Thanks for expanding on PID control MCHammo. Feedback like this is really valuable for my build.  Keep it coming everyone.

I had some thinking time today. Had a quick browse of PID control on Wiki too after reading your reply. My observations (Not RIMS setup, just generally) of my previous PID controllers have been that they are slow to react to a changing process. So I was approaching this design with the intent of a fast response to change (ie: tap closed/opened a bit, grain bed compacted and reduced flow etc...). This may or may not be the correct approach but I guess I had to start somewhere and my solution seemed like a good idea at the time LOL.

IMHO using a single temperature sensor on the output and using accumulated data to guess when the temperature will reach the desired set point, then altering the power in a predictive manner would work really well in a process that doesn't change much, but with my ghetto gear, recipes that are never the same, and new bits of gear almost every time I brew...... nah!!! So I decided on the 2 sensors ($2 bucks each if you buy off ebay in a bag of 10), plus one more to monitor the mash temp.

The faster response of my solution will no doubt result in some over/under shoot and oscillation. As you also mentioned, I wanted to avoid the whole "creep up on the setpoint, just in case I overshoot" saga and decided I could live with a bit of overshoot provided the system responds fairly quickly and drops again.

With all this thinking I have uncovered a bug in my existing algorithm that I suspect has contributed to my inaccuracies. I average the last 10 readings and use these values to calculate the gain, however this compares current values with current values. This is a mistake on my part. Let me explain further.......I assumed ( without applying the grey matter) that cause and effect would be almost instantaneous.


Step1. liquor passes HXinput temp probe 
Step2 liquor is heated over a period of x time guessing @ 40% of the time between in and out based on my RIMS tube
Step3 liquor passes HXouput temp probe

Now if I'm pumping maybe 4 LPM, and the RIMS tube has a volume of 1L (just guesswork to show the principal) then there is a delay between liquor in --> heat applied (~6sec) --->liquor out (~further 9 sec). I should be comparing my current HX output with 9sec old power data and 15sec old input data to get meaningful values. This would explain a few strange values I was seeing in the data too. Especially when the power needed to drop quickly. Not all of them LOL but some at least. The above figures are not measured or even correct. I've got a feeling that the actual lag will be smaller than these estimates. I need to go out and measure the RIMS tube and my flow rates to get a proper estimate. Doesn't need to be perfect but it may chip away at some of the imperfection.

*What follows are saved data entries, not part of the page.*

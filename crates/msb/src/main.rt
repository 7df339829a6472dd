//! The program `msb`: its words, the current folder and standard output, handed to the top call.
#![tactic(auto)]

use host_files::{DirStore, OutSink};
use msb_program::run;
use msb_words::{Action, read_words};
use std::alloc::Global;
use std::process::ExitCode;
use std::rt::Env;
use std::thread::{self, Threads};
use std::{env, io};
use task_trait::NoTools;

/// The status where the words of the command line can't be got.
const NO_WORDS: u8 = 11;

/// The status for want of memory.
const NO_MEMORY: u8 = 7;

/// The stack that the first thread takes before it begins: so many blocks of so many bytes, which
/// is more than any build needs.
const BLOCKS: usize = 32;

const BLOCK: usize = 16 * 1024;

fn main(rt: HostRuntime) -> ExitCode {
    let alloc = rt.alloc();
    let Ok(words) = words(&rt, alloc) else {
        return ExitCode::from(NO_WORDS);
    };
    if take_stack(BLOCKS, words.len()) > 1 {
        return ExitCode::from(NO_MEMORY);
    }
    let Ok(mut store) = DirStore::new(&rt, alloc, ".") else {
        return ExitCode::from(NO_MEMORY);
    };
    let threads = reading_threads(&rt, alloc, &words);
    if threads > 1 {
        store.read_ahead(alloc, threads);
    }
    let mut sink = OutSink::new(&rt);
    ExitCode::from(run(&rt, alloc, &words, &mut store, &mut sink, &NoTools))
}

// Takes so many blocks of the stack, and gives them back: the kernel ends a program whose stack
// can't grow since its address space is used up, where it refuses an allocation. The answer is 0 or
// 1. Each block is read where the ones below say, so that no compiler leaves it out.
#[inline(never)]
fn take_stack(blocks: usize, at: usize) -> usize {
    let mut block = [0u8; BLOCK];
    block[at % BLOCK] = 1;
    let below = if blocks == 0 {
        at / 2
    } else {
        take_stack(blocks - 1, at)
    };
    usize::from(block[below % BLOCK])
}

// How many threads read the folder: as many as the words ask for nodes, and no more than there are
// processors. A trial reads no file.
fn reading_threads(rt: &impl Threads, alloc: Global, words: &[String]) -> usize {
    let nodes = match read_words(alloc, words) {
        Ok(options) if !matches!(options.action, Action::Trial) => options.nodes as usize,
        _ => return 1,
    };
    match thread::available_parallelism(rt) {
        Ok(processors) => nodes.min(processors.get()),
        Err(_) => 1,
    }
}

// The words after the program's name.
fn words(rt: &(impl Env + AllocGlobal), alloc: Global) -> io::Result<Vec<String>> {
    let mut words = Vec::new(alloc);
    for word in env::args(rt)?.skip(1) {
        words.push(word)?;
    }
    Ok(words)
}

I will fix this bug first and test it out before I alter the code further. When my headache goes away from all this mental effort anyway :lol:


----------



## MCHammo (31/7/13)

yeah, one limit of the PID controller is that it pretty much just operates on current values. You could, I suppose, create a predictor algorithm to feed into the PID control... but I wouldn't bother. If you're going to that much trouble, you're better off designing a proper discrete time controller to do the whole shebang.

Also, you will find that this system will probably be fairly slow to react anyway. There's a lot of thermal inertia involved when dealing with water, particularly that quantity. It will take a long time to show a reaction to your inputs. For this reason, I wouldn't have thought that you'd need to average out any readings. When you do that, you're effectively slowing down the speed at which you can take readings, by introducing a low pass filter (averaging algorithm). With all that thermal inertia and slowly changing values (within reason), I don't think there'd be any need for that. 

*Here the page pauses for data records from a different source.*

ghost use Rattle.std.specs.Prelude.{◌≡◌, Some, IfOk};
ghost use Rattle.file_store.specs.Files.{paths_of};
ghost use Rattle.build_world.specs.Answers.{GivesFault};
ghost use Rattle.build_world.specs.Elements.{seen_element};
ghost use Rattle.element_texts.specs.Contexts.{list_at, names_at, text_at};
ghost use Rattle.element_texts.specs.Seen.{context_of};
ghost use Rattle.msb_expand.specs.declared.lens.Use.TheVariants.{Definition};
ghost use Rattle.msb_properties.specs.Settings.{context_at};
ghost use Rattle.msb_properties.specs.Propertied.{
  holds_from,
  holds_in_file,
  holds_in_project,
  first_properties,
};
ghost use Rattle.msb_properties.specs.Seen.{seen_setting, seen_properties, IsPlain};

use crate::setting::Setting;
use build_world::{EvalFault, PlacedElement};
use element_texts::ElementContext;
use file_store::Tree;
use msb_expand::{Use, folder_of};
use msb_values::{Copied, Defaults, Item, List, Lists, Name, NoMemory, Pairs, Scope, Text};
use std::alloc::Global;

/// The properties so far, and the global ones that a file has made its own.
pub(crate) struct Properties {
    /// The global properties and the properties; no item is seen.
    pub scope: Scope,
    pub local: List<Name>,
}

// A drop that is written out is proved here alone.
impl Drop for Properties {
    fn drop(self) {
        let Properties { scope: _, local: _ } = self;
    }
}

impl Properties {
    /// They begin as the global ones.
    pub(crate) fn first(alloc: Global, setting: &Setting<'_>) -> Result<Properties, NoMemory>
        ensures plain { IfOk result (λ p. IsPlain (seen_setting setting.now) p) }
        ensures first { IfOk result (λ p. seen_properties p
            ≡ first_properties (seen_setting setting.now)) }
    {
        Ok(Properties {
            scope: Scope {
                globals: setting.key.globals.copy()?,
                props: setting.key.globals.copy()?,
                items: Lists::new(alloc),
                defaults: Defaults::new(alloc),
            },
            local: List::new(alloc),
        })
    }

    /// The value of each property.
    pub(crate) fn into_values(self) -> Pairs
        ensures { result ≡ self.scope.props }
    {
        let Properties { scope, local: _ } = self;
        let (_, props, _, _) = scope.parts();
        props
    }

    /// What the texts of an element see.
    fn context<'a>(&'a self, setting: &'a Setting<'a>, usage: Use) -> ElementContext<'a, Tree>
        requires { IsPlain (seen_setting setting.now) self.now }
        ensures { context_of (λ tree. paths_of tree.files) result
            ≡ context_at (seen_setting setting.now) (seen_properties self.now) usage }
    {
        ElementContext {
            files: setting.tree,
            project: setting.key.path.as_str(),
            scope: &self.scope,
            usage,
            own: None,
            bucket: None,
        }
    }

    /// The text of an element's attribute or of its body, with values put in.
    pub(crate) fn text(
        &self,
        alloc: Global,
        setting: &Setting<'_>,
        element: &PlacedElement<'_>,
        usage: Use,
        written: &str,
    ) -> Result<Text, EvalFault>
        requires { IsPlain (seen_setting setting.now) self.now }
        ensures { GivesFault (λ text. text) result
            (text_at
            (context_at (seen_setting setting.now) (seen_properties self.now) usage)
            (seen_element element.now) written.now) }
    {
        self.context(setting, usage).text(alloc, element, written)
    }

    /// The items that an element's attribute names as a list.
    pub(crate) fn list(
        &self,
        alloc: Global,
        setting: &Setting<'_>,
        element: &PlacedElement<'_>,
        written: &str,
    ) -> Result<List<Item>, EvalFault>
        requires { IsPlain (seen_setting setting.now) self.now }
        ensures { GivesFault (λ items. items) result
            (list_at
            (context_at (seen_setting setting.now) (seen_properties self.now) Definition)
            (seen_element element.now) written.now) }
    {
        self.context(setting, Use::Definition)
            .list(alloc, element, written)
    }

    /// The targets that an element's attribute names.
    pub(crate) fn names(
        &self,
        alloc: Global,
        setting: &Setting<'_>,
        element: &PlacedElement<'_>,
        written: &str,
    ) -> Result<List<Name>, EvalFault>
        requires { IsPlain (seen_setting setting.now) self.now }
        ensures { GivesFault (λ names. names) result
            (names_at
            (context_at (seen_setting setting.now) (seen_properties self.now) Definition)
            (seen_element element.now) (Some written.now)) }
    {
        self.context(setting, Use::Definition)
            .names(alloc, element, Some(written))
    }

    /// Whether the Condition of an element holds, whose Exists starts from this folder.
    fn holds_from(
        &self,
        alloc: Global,
        setting: &Setting<'_>,
        element: &PlacedElement<'_>,
        folder: &str,
    ) -> Result<bool, EvalFault>
        requires { IsPlain (seen_setting setting.now) self.now }
        ensures { GivesFault (λ holds. holds) result
            (holds_from folder.now (seen_setting setting.now) (seen_properties self.now)
            (seen_element element.now)) }
    {
        let condition = element.element.attribute("Condition");
        self.context(setting, Use::Definition)
            .holds_from(alloc, element, condition, folder)
    }

    /// Of a PropertyGroup, an Import or an ImportGroup, where the folder is that of its file.
    pub(crate) fn holds_in_file(
        &self,
        alloc: Global,
        setting: &Setting<'_>,
        element: &PlacedElement<'_>,
    ) -> Result<bool, EvalFault>
        requires { IsPlain (seen_setting setting.now) self.now }
        ensures { GivesFault (λ holds. holds) result
            (holds_in_file (seen_setting setting.now) (seen_properties self.now)
            (seen_element element.now)) }
    {
        self.holds_from(alloc, setting, element, folder_of(element.file))
    }

    /// Of any other element, where it is the project's folder.
    pub(crate) fn holds_in_project(
        &self,
        alloc: Global,
        setting: &Setting<'_>,
        element: &PlacedElement<'_>,
    ) -> Result<bool, EvalFault>
        requires { IsPlain (seen_setting setting.now) self.now }
        ensures { GivesFault (λ holds. holds) result
            (holds_in_project (seen_setting setting.now) (seen_properties self.now)
            (seen_element element.now)) }
    {
        self.holds_from(
            alloc,
            setting,
            element,
            folder_of(setting.key.path.as_str()),
        )
    }
}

Another reason that I will steer clear of PID is that with a proper discrete controller, you can account for the frequency that you can take sensor readings, calculate control values, set control... and lag in the system regarding readings, etc... but again, that's quite advanced and probably overkill. But as far as I'm concerned... no half measures  And you're right about overshooting, it's probably not a huge deal. Just keep an eye on it, and define BEFORE YOU START what an acceptable overshoot is. If you do that later, you'll just get lazy and end up with a 10 degree overshoot (trust me, I've been there...) If you're after a quick ramp time, you'll always end up overshooting. Whether or not you start oscillating or not is another matter. Just be aware that the faster you try to ramp, the more you'll overshoot, and the more likely you'll set up oscillations. I usually aim for the "critically damped" result - the fastest possible response without overshooting. 

And go take your measurements. They will provide valuable insight into your system - how you need to set up your sensors, how the system behaves and reacts, etc... Any more questions and I'll be happy to answer (or at least try to  ). Control theory is one of my things. Microcontrollers is another.


----------



## Blackened (31/7/13)

MCHammo said:


> yeah, one limit of the PID controller is that it pretty much just operates on current values. You could, I suppose, create a predictor algorithm to feed into the PID control... but I wouldn't bother. If you're going to that much trouble, you're better off designing a proper discrete time controller to do the whole shebang.
> 
> Also, you will find that this system will probably be fairly slow to react anyway. There's a lot of thermal inertia involved when dealing with water, particularly that quantity. It will take a long time to show a reaction to your inputs. For this reason, I wouldn't have thought that you'd need to average out any readings. When you do that, you're effectively slowing down the speed at which you can take readings, by introducing a low pass filter (averaging algorithm). With all that thermal inertia and slowly changing values (within reason), I don't think there'd be any need for that.
> 
> ...


Yeah, I kinda got that it was your thing LOL.Very grateful for the input.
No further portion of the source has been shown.